Sie schätzen das besondere Ambiente im engen Laden. Die Luftveränderung nach dem ersten Schritt hinein, den Charme der 60er-Jahre zwischen den alten, meist handgefertigten Regalen, drei verschiedene Tapeten dahinter, alte Sofas im „Lesezimmer“ und im kleinen Büro hinten raus. Da kommt man nicht zu einer Veränderung, will das vielleicht auch gar nicht, „das ist wirklich Arbeit, mit allem was da dranhängt“. Sagt Marion von Nolting über das Leben zwischen Antiquariat und literarisch-belletristischen Werken, vielen besonderen Kinderbüchern, „vielen schönen Büchern“. Fast 71 ist sie geworden in den 25 Jahren mit ihrem Laden, nur Tochter Nina von Nolting ist ihr seit vielen Jahren eine zuverlässige Partnerin. Bewusst haben sie sich gegen eine Weitergabe entschieden. „In unserem Sinn würde das keiner schaffen.“ Weil halt „alles ein bisschen anders ist“, so Nina von Nolting, die promovierte Ethnologin. Und Idealismus in der neuen Bücherwelt mit Online-Shops und hartem Konkurrenzkampf nicht reicht für einen lohnenden Betrieb.

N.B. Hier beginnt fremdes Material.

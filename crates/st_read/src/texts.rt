//! A text as one program.

ghost use Rattle.std.specs.Prelude.{◌≡◌, ◌≤◌, true, length, All, IfOk, IfErr, MatchResult};
ghost use Rattle.st_ast.specs.Tree as tree;
ghost use Rattle.st_ast.specs.Spelled.{is_spelled};
ghost use Rattle.st_ast.specs.View.{view};
ghost use Rattle.st_ast.specs.ReadsAs.{Derives};
ghost use Rattle.st_read.specs.Marks.{IsMark, tokens_of};
ghost use Rattle.st_read.specs.PartsOf.{view_parts};
ghost use Rattle.st_read.specs.Reading as reading;
ghost use Rattle.st_read.specs.Refusals.{RefusalDue};
ghost use Rattle.st_read.specs.Told.{Tells};
ghost use Rattle.st_read.specs.declared.error.StErr.TheVariants.{Memory as no_memory};

use crate::error::{StErr, Stop};
use crate::lexing::token_marks;
use crate::marks::Mark;
use crate::program::{Parts, derived};
use crate::tokens::Tokens;
use cif_base::Items;
use st_ast::Program;
use std::alloc::Global;

/// The byte at which so many are left of a text.
fn place(text: &[u8], left: usize) -> u32
    requires { length text.now ≤ 16777216 }
    ensures { result ≤ length text.now }
{
    text.len().saturating_sub(left) as u32
}

/// The parts of the program that the tokens at these places of a text derive.
fn parsed(alloc: Global, text: &[u8], marks: &Items<Mark>) -> Result<Parts, StErr>
    requires short { length text.now ≤ 16777216 }
    requires marks { All (IsMark text.now) marks.now }
    ensures { Tells (length text.now) (λ p. view_parts p) result (reading.program_of (tokens_of text.now marks.now)) }
{
    match derived(alloc, Tokens::of(text, marks.as_slice())) {
        Ok(parts) => Ok(parts),
        Err(Stop::NoMemory) => Err(StErr::Memory),
        Err(Stop::NotTaken(left)) => Err(StErr::StNotRead {
            at: place(text, left),
        }),
    }
}

/// The program with these parts, which have a spelling.
fn built(parts: Parts) -> Program
    requires { is_spelled (view_parts parts) ≡ true }
    ensures { view result ≡ view_parts parts }
{
    let Parts { name, vars, body } = parts;
    Program { name, vars, body }
}

/// Reads a text of at most 16 MiB as one program (IEC 61131-3, "Structured Text"), without any check of its names and
/// types.
pub fn read(alloc: Global, text: &[u8]) -> Result<Program, StErr>
    requires { length text.now ≤ 16777216 }
    ensures read { IfOk result (λ p. Derives text.now (view p)) }
    ensures refused { IfErr result (RefusalDue text.now) }
    // A text that derives a program is refused for want of memory alone.
    ensures complete { (p : tree.Program) → Derives text.now p
        → MatchResult result (λ q. view q ≡ p) (λ e. e ≡ no_memory) }
{
    let marks = token_marks(alloc, text)?;
    let parts = parsed(alloc, text, &marks)?;
    Ok(built(parts))
}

Die älteste Buchhandlung Oberursels, die noch existiert, 1961 von Gunter und Babette Klärner als „Erasmus-Alberus-Bücherstube“ gegründet, hat zwar ihren Kundenkreis, aber die Zeiten ändern sich. Das Antiquariat ist schon lange rückläufig, die Sammler und Jäger in dieser Sparte gibt es so nicht mehr. Auch Antiquarisches wird längst über Portale im Internet bestellt, ein Feld für Spezialisten. Für das Sortiment im Laden hat die Inhaberin einen Abnehmer gefunden, das geht komplett weg, immerhin. Aus dem gemütlichen Ausverkauf bis Ende April wird nun nichts, der langsame Abschied muss neu sortiert werden.

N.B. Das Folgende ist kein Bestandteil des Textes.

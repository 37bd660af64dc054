//! Operands: literals, names, parentheses, functions, negations and complements.

ghost use Rattle.std.specs.Prelude.{◌≡◌, IfOk};
ghost use Rattle.st_ast.specs.Tree as tree;
ghost use Rattle.st_ast.specs.View.{view_expr};
ghost use Rattle.grammar.specs.Reader as reader;
ghost use Rattle.st_ast.specs.Grammar.{max_depth};
ghost use Rattle.st_read.specs.Gives.{Gives};
ghost use Rattle.st_read.specs.Reading as reading;
ghost use Rattle.st_read.specs.ReadsUnary.{ReadsUnary};

use crate::error::Stop;
use crate::levels::{Deep, LEVELS, Levels, MAX_CALLS};
use crate::names::{identifier, natural};
use crate::tokens::{Read, Tokens, starts, word};
use cif_base::Boxed;
use st_ast::{StExpr, TokenKind};
use std::alloc::Global;

fn truth(alloc: Global, tokens: Tokens<'_>, kind: TokenKind, value: bool) -> Read<'_, Deep>
    ensures { Gives (λ x. ((view_expr x.0.0, x.0.1), x.1)) result (reader.deep_map (reading.truth_of value) (reading.flat_word kind) tokens.entry) }
{
    let (_word, rest) = word(tokens, kind)?;
    Ok(((Boxed::new(alloc, StExpr::Bool(value))?, 0), rest))
}

fn number(alloc: Global, tokens: Tokens<'_>) -> Read<'_, Deep>
    ensures { Gives (λ x. ((view_expr x.0.0, x.0.1), x.1)) result (reader.deep_map tree.number (reader.flat_at reading.natural_at) tokens.entry) }
{
    let (value, rest) = natural(tokens)?;
    Ok(((Boxed::new(alloc, StExpr::Int(value as i64))?, 0), rest))
}

fn named(alloc: Global, tokens: Tokens<'_>) -> Read<'_, Deep>
    ensures { Gives (λ x. ((view_expr x.0.0, x.0.1), x.1)) result (reader.deep_map tree.named (reader.flat_at reading.identifier_at) tokens.entry) }
{
    let (name, rest) = identifier(alloc, tokens)?;
    Ok(((Boxed::new(alloc, StExpr::Named(name))?, 0), rest))
}

impl<F: Fn(Global, Tokens<'_>, u16) -> Result<(Deep, Tokens<'_>), Stop>> Levels<F> {
    /// An expression in parentheses.
    #[tactic(auto, unfolding(crate::specs::Reading::one_argument_at))]
    fn one_argument<'a>(&self, tokens: Tokens<'a>) -> Read<'a, Deep>
        requires { ReadsUnary self.now.fuel (F.pre self.now.unary) (F.post self.now.unary) }
        ensures { Gives (λ x. ((view_expr x.0.0, x.0.1), x.1)) result (reading.one_argument_at (reading.within_at self.now.fuel) tokens.entry) }
    {
        let (_open, rest) = word(tokens, TokenKind::Open)?;
        let ((e, depth), rest) = self.within(rest)?;
        let (_close, rest) = word(rest, TokenKind::Close)?;
        Ok(((e, depth), rest))
    }

    /// Two expressions in parentheses.
    #[tactic(auto, unfolding(crate::specs::Reading::two_arguments_at))]
    fn two_arguments<'a>(
        &self,
        tokens: Tokens<'a>,
    ) -> Read<'a, ((Boxed<StExpr>, Boxed<StExpr>), u16)>
        requires { ReadsUnary self.now.fuel (F.pre self.now.unary) (F.post self.now.unary) }
        ensures { Gives (λ x. (((view_expr x.0.0.0, view_expr x.0.0.1), x.0.1), x.1)) result (reading.two_arguments_at (reading.within_at self.now.fuel) tokens.entry) }
    {
        let (_open, rest) = word(tokens, TokenKind::Open)?;
        let ((a, depth), rest) = self.within(rest)?;
        let (_comma, rest) = word(rest, TokenKind::Comma)?;
        let ((b, deep), rest) = self.within(rest)?;
        let (_close, rest) = word(rest, TokenKind::Close)?;
        Ok((((a, b), depth.max(deep)), rest))
    }

    /// Three expressions in parentheses.
    #[tactic(auto, unfolding(crate::specs::Reading::three_arguments_at))]
    fn three_arguments<'a>(
        &self,
        tokens: Tokens<'a>,
    ) -> Read<'a, ((Boxed<StExpr>, (Boxed<StExpr>, Boxed<StExpr>)), u16)>
        requires { ReadsUnary self.now.fuel (F.pre self.now.unary) (F.post self.now.unary) }
        ensures { Gives (λ x. (((view_expr x.0.0.0, (view_expr x.0.0.1.0, view_expr x.0.0.1.1)), x.0.1), x.1)) result (reading.three_arguments_at (reading.within_at self.now.fuel) tokens.entry) }
    {
        let (_open, rest) = word(tokens, TokenKind::Open)?;
        let ((a, first), rest) = self.within(rest)?;
        let (_comma, rest) = word(rest, TokenKind::Comma)?;
        let ((b, second), rest) = self.within(rest)?;
        let (_comma, rest) = word(rest, TokenKind::Comma)?;
        let ((c, third), rest) = self.within(rest)?;
        let (_close, rest) = word(rest, TokenKind::Close)?;
        Ok((((a, (b, c)), first.max(second.max(third))), rest))
    }

    fn absolute<'a>(&self, tokens: Tokens<'a>) -> Read<'a, Deep>
        requires { ReadsUnary self.now.fuel (F.pre self.now.unary) (F.post self.now.unary) }
        ensures { Gives (λ x. ((view_expr x.0.0, x.0.1), x.1)) result (reader.deep_map reading.absolute_of (reader.deep_both (reading.flat_word TokenKind.Abs) (reading.one_argument_at (reading.within_at self.now.fuel))) tokens.entry) }
    {
        let (_abs, rest) = word(tokens, TokenKind::Abs)?;
        let ((e, depth), rest) = self.one_argument(rest)?;
        Ok(((Boxed::new(self.alloc, StExpr::Abs(e))?, depth), rest))
    }

    fn least<'a>(&self, tokens: Tokens<'a>) -> Read<'a, Deep>
        requires { ReadsUnary self.now.fuel (F.pre self.now.unary) (F.post self.now.unary) }
        ensures { Gives (λ x. ((view_expr x.0.0, x.0.1), x.1)) result (reader.deep_map reading.least_of (reader.deep_both (reading.flat_word TokenKind.Min) (reading.two_arguments_at (reading.within_at self.now.fuel))) tokens.entry) }
    {
        let (_min, rest) = word(tokens, TokenKind::Min)?;
        let (((a, b), depth), rest) = self.two_arguments(rest)?;
        Ok(((Boxed::new(self.alloc, StExpr::Min(a, b))?, depth), rest))
    }

    fn greatest<'a>(&self, tokens: Tokens<'a>) -> Read<'a, Deep>
        requires { ReadsUnary self.now.fuel (F.pre self.now.unary) (F.post self.now.unary) }
        ensures { Gives (λ x. ((view_expr x.0.0, x.0.1), x.1)) result (reader.deep_map reading.greatest_of (reader.deep_both (reading.flat_word TokenKind.Max) (reading.two_arguments_at (reading.within_at self.now.fuel))) tokens.entry) }
    {
        let (_max, rest) = word(tokens, TokenKind::Max)?;
        let (((a, b), depth), rest) = self.two_arguments(rest)?;
        Ok(((Boxed::new(self.alloc, StExpr::Max(a, b))?, depth), rest))
    }

    fn selection<'a>(&self, tokens: Tokens<'a>) -> Read<'a, Deep>
        requires { ReadsUnary self.now.fuel (F.pre self.now.unary) (F.post self.now.unary) }
        ensures { Gives (λ x. ((view_expr x.0.0, x.0.1), x.1)) result (reader.deep_map reading.selection_of (reader.deep_both (reading.flat_word TokenKind.Sel) (reading.three_arguments_at (reading.within_at self.now.fuel))) tokens.entry) }
    {
        let (_sel, rest) = word(tokens, TokenKind::Sel)?;
        let (((g, (a, b)), depth), rest) = self.three_arguments(rest)?;
        Ok(((Boxed::new(self.alloc, StExpr::Sel(g, a, b))?, depth), rest))
    }

    /// A function with its arguments.
    #[tactic(auto, unfolding(crate::specs::Reading::function_at))]
    fn function<'a>(&self, tokens: Tokens<'a>) -> Read<'a, Deep>
        requires { ReadsUnary self.now.fuel (F.pre self.now.unary) (F.post self.now.unary) }
        ensures { Gives (λ x. ((view_expr x.0.0, x.0.1), x.1)) result (reading.function_at (reading.within_at self.now.fuel) tokens.entry) }
    {
        if starts(&tokens, &[TokenKind::Abs]) {
            self.absolute(tokens)
        } else if starts(&tokens, &[TokenKind::Min]) {
            self.least(tokens)
        } else if starts(&tokens, &[TokenKind::Max]) {
            self.greatest(tokens)
        } else {
            self.selection(tokens)
        }
    }

    fn paren<'a>(&self, tokens: Tokens<'a>) -> Read<'a, Deep>
        requires { ReadsUnary self.now.fuel (F.pre self.now.unary) (F.post self.now.unary) }
        ensures { Gives (λ x. ((view_expr x.0.0, x.0.1), x.1)) result (reader.deep_map tree.paren (reading.one_argument_at (reading.within_at self.now.fuel)) tokens.entry) }
    {
        let ((e, depth), rest) = self.one_argument(tokens)?;
        Ok(((Boxed::new(self.alloc, StExpr::Paren(e))?, depth), rest))
    }

    #[tactic(auto, unfolding(crate::specs::Reading::prim_at))]
    fn prim<'a>(&self, tokens: Tokens<'a>) -> Read<'a, Deep>
        requires { ReadsUnary self.now.fuel (F.pre self.now.unary) (F.post self.now.unary) }
        ensures { Gives (λ x. ((view_expr x.0.0, x.0.1), x.1)) result (reading.prim_at (reading.within_at self.now.fuel) tokens.entry) }
    {
        if starts(&tokens, &[TokenKind::True]) {
            truth(self.alloc, tokens, TokenKind::True, true)
        } else if starts(&tokens, &[TokenKind::False]) {
            truth(self.alloc, tokens, TokenKind::False, false)
        } else if starts(&tokens, &[TokenKind::Literal]) {
            number(self.alloc, tokens)
        } else if starts(&tokens, &[TokenKind::Name]) {
            named(self.alloc, tokens)
        } else if starts(&tokens, &[TokenKind::Open]) {
            self.paren(tokens)
        } else {
            self.function(tokens)
        }
    }

    fn negation<'a>(&self, tokens: Tokens<'a>) -> Read<'a, Deep>
        requires { ReadsUnary self.now.fuel (F.pre self.now.unary) (F.post self.now.unary) }
        ensures { Gives (λ x. ((view_expr x.0.0, x.0.1), x.1)) result (reader.deep_map reading.negation_of (reader.deep_both (reading.flat_word TokenKind.Dash) (reader.inside max_depth (reading.unary_at self.now.fuel))) tokens.entry) }
    {
        let (_dash, rest) = word(tokens, TokenKind::Dash)?;
        let ((e, depth), rest) = self.inner_operand(rest)?;
        Ok(((Boxed::new(self.alloc, StExpr::Neg(e))?, depth), rest))
    }

    fn complement<'a>(&self, tokens: Tokens<'a>) -> Read<'a, Deep>
        requires { ReadsUnary self.now.fuel (F.pre self.now.unary) (F.post self.now.unary) }
        ensures { Gives (λ x. ((view_expr x.0.0, x.0.1), x.1)) result (reader.deep_map reading.complement_of (reader.deep_both (reading.flat_word TokenKind.Not) (reader.inside max_depth (reading.unary_at self.now.fuel))) tokens.entry) }
    {
        let (_not, rest) = word(tokens, TokenKind::Not)?;
        let ((e, depth), rest) = self.inner_operand(rest)?;
        Ok(((Boxed::new(self.alloc, StExpr::Not(e))?, depth), rest))
    }

    #[tactic(auto, unfolding(crate::specs::Reading::unary_from))]
    fn step<'a>(&self, tokens: Tokens<'a>) -> Read<'a, Deep>
        requires { ReadsUnary self.now.fuel (F.pre self.now.unary) (F.post self.now.unary) }
        ensures { Gives (λ x. ((view_expr x.0.0, x.0.1), x.1)) result (reading.unary_from (reading.within_at self.now.fuel) (reader.inside max_depth (reading.unary_at self.now.fuel)) tokens.entry) }
    {
        if starts(&tokens, &[TokenKind::Dash]) {
            self.negation(tokens)
        } else if starts(&tokens, &[TokenKind::Not]) {
            self.complement(tokens)
        } else {
            self.prim(tokens)
        }
    }
}

/// An operand, where so many forms may nest.
#[tactic(auto, unfolding(crate::specs::Reading::unary_at))]
fn unary(alloc: Global, tokens: Tokens<'_>, fuel: u16) -> Result<(Deep, Tokens<'_>), Stop>
    ensures { Gives (λ x. ((view_expr x.0.0, x.0.1), x.1)) result (reading.unary_at fuel tokens.entry) }
{
    if fuel == 0 {
        return Err(Stop::NotTaken(tokens.left()));
    }
    let fuel = fuel - 1;
    Levels { alloc, fuel, unary }.step(tokens)
}

/// An expression, in a box, in which it is quick to check.
#[tactic(auto, unfolding(crate::specs::Reading::expression_at))]
pub fn expression(alloc: Global, tokens: Tokens<'_>) -> Read<'_, Boxed<StExpr>>
    ensures { Gives (λ x. (view_expr x.0, x.1)) result (reading.expression_at tokens.entry) }
{
    let fuel = MAX_CALLS;
    let ((e, _depth), rest) = Levels { alloc, fuel, unary }.at(LEVELS, tokens)?;
    Ok((e, rest))
}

Für Marion von Nolting war es Zeit für den Rückzug, auch ohne Virus. 25 Jahre, am Ende ist die Zeit doch wie im Flug vergangen, nun soll noch ein bisschen mehr Zeit für Reisen und Theater und Kunstausstellungen auch fern der Wahlheimat in Neuenhain sein, wo sie einst mit Mann und drei Kindern hingezogen ist. Wäre mit Pit Knorr tatsächlich der 25. Jahrestag im Laden gewesen. Am 1. April 1995 hat Gunter Klärner ihr den Schlüssel in die Hand gedrückt. Eine Halbtagsstelle hatte sie gesucht, Klärner hat das volle Programm geboten und nach mehr gefragt, „zack, war ich ins kalte Wasser gestoßen und als Geschäftsfrau in völligem Neuland“, erinnert sich die gelernte Buchhändlerin. In der legendären „Frankfurter Bücherstube“ hat sie volontiert, 20 Jahre nach Gunter Klärner, das hat irgendwie verbunden.

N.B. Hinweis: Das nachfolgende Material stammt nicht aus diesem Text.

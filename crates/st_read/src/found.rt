//! What stands at the front of a text.

use st_ast::TokenKind;

/// Why nothing is taken from the front of a text.
#[derive(Clone, Copy, Debug, PartialEq, Eq)]
pub enum Fault {
    BadByte,
    NumberTooBig,
    OpenComment,
}

/// The kind of a token, or none for a blank or a comment, and the text after it.
pub type Found<'a> = Result<(Option<TokenKind>, &'a [u8]), Fault>;
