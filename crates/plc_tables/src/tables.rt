//! The table of the scans over rows.

ghost use Rattle.std.specs.Prelude.{◌≡◌, ◌<◌, ◌^◌, length, IfOk, IfErr};
ghost use Rattle.st_ast.specs.View.{view};
ghost use Rattle.plc_rows.specs.Told.{cells_of};
ghost use Rattle.plc_tables.specs.Scans.{AllEnd, IsStopped, table_of};

use crate::scanning::scans;
use crate::stopped::Stopped;
use plc_rows::{Row, rows_text};
use st_check::Checked;
use std::alloc::Global;

/// The output table of the scans of a program over rows, from the memory of its declarations on; or the first scan that ends early.
pub fn table(alloc: Global, program: &Checked, rows: &[Row]) -> Result<Vec<u8>, Stopped>
    requires { length rows.now < 2 ^ 32 }
    ensures all { IfOk result (λ text. AllEnd (view program.now) (cells_of rows.now)) }
    ensures table { IfOk result (λ text. text.items ≡ table_of (view program.now) (cells_of rows.now)) }
    ensures stops { IfErr result (IsStopped (view program.now) (cells_of rows.now)) }
{
    let shown = scans(alloc, program, rows)?;
    Ok(rows_text(alloc, program, shown.as_slice())?)
}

Die Liebe zum Beruf ist spürbar im Gespräch mit Marion von Nolting. Ist sichtbar, wenn sie mit sanfter Hand über ein besonders schönes Werk streicht. Nun ist die Zeit der Resteverteilung gekommen. Für Regalteile gibt es Interessenten, Bücherliebhaber, die sonst vorbeischauen in solchen Fällen und mit ähnlicher Empathie über Meisterwerke der Literatur und der Buchkunst streichen, müssen sich nun per Telefon melden und eine Abholung vereinbaren, „einiges geht mit nach Hause“, sagen Mutter und Tochter von Nolting fast im Gleichtakt. Ein Ausverkauf unter dramatisch geänderten Vorzeichen. Ein Verlust für die Oberurseler Bücherwelt.